Your task: Reproduce the opening lines of the records exactly, up to and including the line in which "pub reads: &'a" occurs.
+++ Data supplied
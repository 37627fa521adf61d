ghost use Rattle.std.specs.Prelude.{◌≡◌, ℤ, List};
ghost use Rattle.c_prog.specs.declared.tree.Tree.{Tree};
ghost use Rattle.c_prog.specs.Marks.{tree_marks};
ghost use Rattle.cfix_base.specs.declared.mark.Marks.{Marks};
ghost use Rattle.erase_laws.specs.Repairs.{AddsNothing};
ghost use Rattle.c_prog.specs.Strip.{strip_tree};
ghost use Rattle.cfix_base.specs.declared.entry.Entry.{Entry};
ghost use Rattle.step_state.specs.Code.{Code};
ghost use Rattle.step_state.specs.declared.state.Configuration.{Configuration};
ghost use Rattle.erase_laws.specs.Follows.{StepFollows};
ghost use Rattle.erase_laws.specs.Marked.{IsMarked};
ghost use Rattle.erase_laws.specs.Runs.{Erases};

/// A step of a new operation changes nothing that is not new, and any other step is a step of the
/// program without the new operations.
#[tactic(auto, using(crate::proofs::Strips::step_follows))]
pub fn steps_follow()
    ensures { (m : Marks) (c : Code) → IsMarked m c → (s : Configuration) (e : Entry) → StepFollows m c s e }
{}

/// A run without its new operations is a run of the program without them, and where that could go
/// on the run can go on.
#[tactic(auto, using(crate::proofs::Erased::erases))]
pub fn runs_are_erased()
    ensures { (m : Marks) (c : Code) → IsMarked m c → (input : List ℤ) (es : List Entry) → Erases m c input es }
{}

/// What a program with further operations does is what the program does, and where the program
/// could go on it can go on.
#[tactic(auto, using(crate::proofs::Adds::adds_nothing))]
pub fn operations_add_nothing()
    ensures { (p q : Tree) (m : Marks) → m ≡ tree_marks p → strip_tree m q ≡ p → (input : List ℤ) (es : List Entry) → AddsNothing p q m input es }
{}
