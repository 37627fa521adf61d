use cfix_base::{List, NoMemory};
use cfix_core::run;
use cfix_outside::{FailPlan, MemoryShelf, MemorySink};
use std::alloc::Global;

/// The words, the files by their names, and the calls of the shelf and the sinks that fail.
#[derive(Clone, Copy)]
pub struct Scene<'a> {
    pub words: &'a [&'a str],
    pub files: &'a [(&'a str, &'a [u8])],
    pub reads: &'a [(u32, u32)],
    pub puts: &'a [(u32, u32)],
    pub notes: &'a [(u32, u32)],
}

/// What a call of `run` left behind.
#[derive(Drop)]
pub struct Ended {
    pub status: u8,
    pub out: MemorySink,
    pub note: MemorySink,
}

pub fn plan(alloc: Global, entries: &[(u32, u32)]) -> Result<FailPlan, NoMemory> {
    let mut calls = Vec::new(alloc);
    calls.extend_from_slice(entries)?;
    Ok(FailPlan {
        calls: List::from_vec(calls),
    })
}

fn texts(alloc: Global, words: &[&str]) -> Result<Vec<String>, NoMemory> {
    let mut texts = Vec::new(alloc);
    for word in words {
        texts.push(String::from_str(alloc, word)?)?;
    }
    Ok(texts)
}

pub fn shelf(
    alloc: Global,
    files: &[(&str, &[u8])],
    reads: &[(u32, u32)],
) -> Result<MemoryShelf, NoMemory> {
    let mut held = Vec::new(alloc);
    for (name, text) in files {
        held.push((String::from_str(alloc, name)?, text.to_vec(alloc)?))?;
    }
    Ok(MemoryShelf::new(held, plan(alloc, reads)?))
}

/// Runs the scene.
pub fn play(alloc: Global, scene: &Scene<'_>) -> Result<Ended, NoMemory> {
    let words = texts(alloc, scene.words)?;
    let mut shelf = shelf(alloc, scene.files, scene.reads)?;
    let mut out = MemorySink::with_room(alloc, 1000, plan(alloc, scene.puts)?)?;
    let mut note = MemorySink::with_room(alloc, 1000, plan(alloc, scene.notes)?)?;
    let status = run(alloc, &words, &mut shelf, &mut out, &mut note);
    Ok(Ended { status, out, note })
}
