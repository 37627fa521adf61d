//! What a program with further operations does is what the program does: each law is the contract of
//! a function that does nothing.
#![tactic(auto)]

mod laws;

pub use laws::{operations_add_nothing, runs_are_erased, steps_follow};
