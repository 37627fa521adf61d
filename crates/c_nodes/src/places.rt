ghost use Rattle.std.specs.Prelude.{◌≡◌, ◌<◌, length, slice_get, Some, option_map, IsSome};
ghost use Rattle.std.specs.Option.{option_copied};
ghost use Rattle.c_prog.specs.Nodes.{tree_nodes};
ghost use Rattle.c_prog.specs.Order.{node_at};
ghost use Rattle.c_prog.specs.Places.{ops, start_ops, after_ops, true_ops, false_ops};
ghost use Rattle.c_prog.specs.View.{seen, seen_in};

use crate::find::find_node;
use crate::found::Found;
use c_prog::{NodeView, Program};
use cfix_base::{FnId, NodeId, Op, Place};

pub fn node_of(program: &Program, node: NodeId) -> Option<NodeView<'_>>
    ensures { seen_in result ≡ node_at program.now node.number }
{
    match find_node(program.tree().functions.as_slice(), node.number) {
        Found::Node(node) => Some(node),
        Found::Left(_) => None,
    }
}

fn after_ops(node: Option<NodeView<'_>>) -> Option<&[Op]>
    ensures { option_copied result ≡ after_ops (seen_in node.entry) }
{
    match node {
        None | Some(NodeView::Cond(_)) => None,
        Some(NodeView::Act { after, .. }) | Some(NodeView::Jump { after, .. }) => Some(after),
        Some(NodeView::Step(step)) => Some(step.after.as_slice()),
    }
}

fn true_ops(node: Option<NodeView<'_>>) -> Option<&[Op]>
    ensures { option_copied result ≡ true_ops (seen_in node.entry) }
{
    match node {
        Some(NodeView::Cond(cond)) => Some(cond.on_true.as_slice()),
        _ => None,
    }
}

fn false_ops(node: Option<NodeView<'_>>) -> Option<&[Op]>
    ensures { option_copied result ≡ false_ops (seen_in node.entry) }
{
    match node {
        Some(NodeView::Cond(cond)) => Some(cond.on_false.as_slice()),
        _ => None,
    }
}

fn start_ops(program: &Program, function: FnId) -> Option<&[Op]>
    ensures { option_copied result ≡ start_ops (slice_get program.now.functions function.number) }
{
    let function = program
        .tree()
        .functions
        .as_slice()
        .get(function.number as usize)?;
    Some(function.start.as_slice())
}

fn ops_at(program: &Program, place: Place) -> Option<&[Op]>
    ensures { option_copied result ≡ ops program.now place }
{
    match place {
        Place::Start(function) => start_ops(program, function),
        Place::After(node) => after_ops(node_of(program, node)),
        Place::True(node) => true_ops(node_of(program, node)),
        Place::False(node) => false_ops(node_of(program, node)),
    }
}

/// The operations at a place of the program.
pub fn ops(program: &Program, place: Place) -> &[Op]
    requires { IsSome (ops program.now place) }
    ensures { ops program.now place ≡ Some result.now }
{
    ops_at(program, place).unwrap()
}
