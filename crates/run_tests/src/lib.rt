//! Tests of the whole program with an outside that fails as planned, and of what the readers of reports and schedules
//! and the sets give. What the commands show is in `tests/`.
#![tactic(auto)]

#[cfg(test)]
mod failing;
#[cfg(test)]
mod outside;
#[cfg(test)]
mod reports;
#[cfg(test)]
mod scene;
#[cfg(test)]
mod schedules;
#[cfg(test)]
mod sets;
#[cfg(test)]
mod texts;
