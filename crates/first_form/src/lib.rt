//! Programs of the first form, which are straight, and what they are with the operations round a
//! critical region.
#![tactic(auto)]

mod form;
mod plain;
mod region;
mod straight;

pub use form::{is_first_form, plains_of};
pub use plain::Plain;
pub use region::Region;
pub use straight::guarded;
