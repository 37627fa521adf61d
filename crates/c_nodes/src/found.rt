use c_prog::NodeView;

/// What a search for the node with a number gives: the node, or the number without those of the
/// nodes that were passed.
#[derive(Clone, Copy)]
pub enum Found<'a> {
    Node(NodeView<'a>),
    Left(u32),
}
++++++
Solution for this problem:
repository 37627fa521adf61d
ghost use Rattle.std.specs.Prelude.{◌≡◌, ℤ, List};
ghost use Rattle.c_prog.specs.declared.tree.Tree.{Tree};
ghost use Rattle.c_prog.specs.Marks.{tree_marks};
ghost use Rattle.cfix_base.specs.declared.mark.Marks.{Marks};
ghost use Rattle.erase_laws.specs.Repairs.{AddsNothing};
ghost use Rattle.c_prog.specs.Strip.{strip_tree};
ghost use Rattle.cfix_base.specs.declared.entry.Entry.{Entry};
ghost use Rattle.step_state.specs.Code.{Code};
ghost use Rattle.step_state.specs.declared.state.Configuration.{Configuration};
ghost use Rattle.erase_laws.specs.Follows.{StepFollows};
ghost use Rattle.erase_laws.specs.Marked.{IsMarked};
ghost use Rattle.erase_laws.specs.Runs.{Erases};

/// A step of a new operation changes nothing that is not new, and any other step is a step of the
/// program without the new operations.
#[tactic(auto, using(crate::proofs::Strips::step_follows))]
pub fn steps_follow()
    ensures { (m : Marks) (c : Code) → IsMarked m c → (s : Configuration) (e : Entry) → StepFollows m c s e }
{}

/// A run without its new operations is a run of the program without them, and where that could go
/// on the run can go on.
#[tactic(auto, using(crate::proofs::Erased::erases))]
pub fn runs_are_erased()
    ensures { (m : Marks) (c : Code) → IsMarked m c → (input : List ℤ) (es : List Entry) → Erases m c input es }
{}

/// What a program with further operations does is what the program does, and where the program
/// could go on it can go on.
#[tactic(auto, using(crate::proofs::Adds::adds_nothing))]
pub fn operations_add_nothing()
    ensures { (p q : Tree) (m : Marks) → m ≡ tree_marks p → strip_tree m q ≡ p → (input : List ℤ) (es : List Entry) → AddsNothing p q m input es }
{}
repository 37627fa521adf61d
use cfix_base::{List, NoMemory};
use cfix_core::run;
use cfix_outside::{FailPlan, MemoryShelf, MemorySink};
use std::alloc::Global;

/// The words, the files by their names, and the calls of the shelf and the sinks that fail.
#[derive(Clone, Copy)]
pub struct Scene<'a> {
    pub words: &'a [&'a str],
    pub files: &'a [(&'a str, &'a [u8])],
    pub reads: &'a [(u32, u32)],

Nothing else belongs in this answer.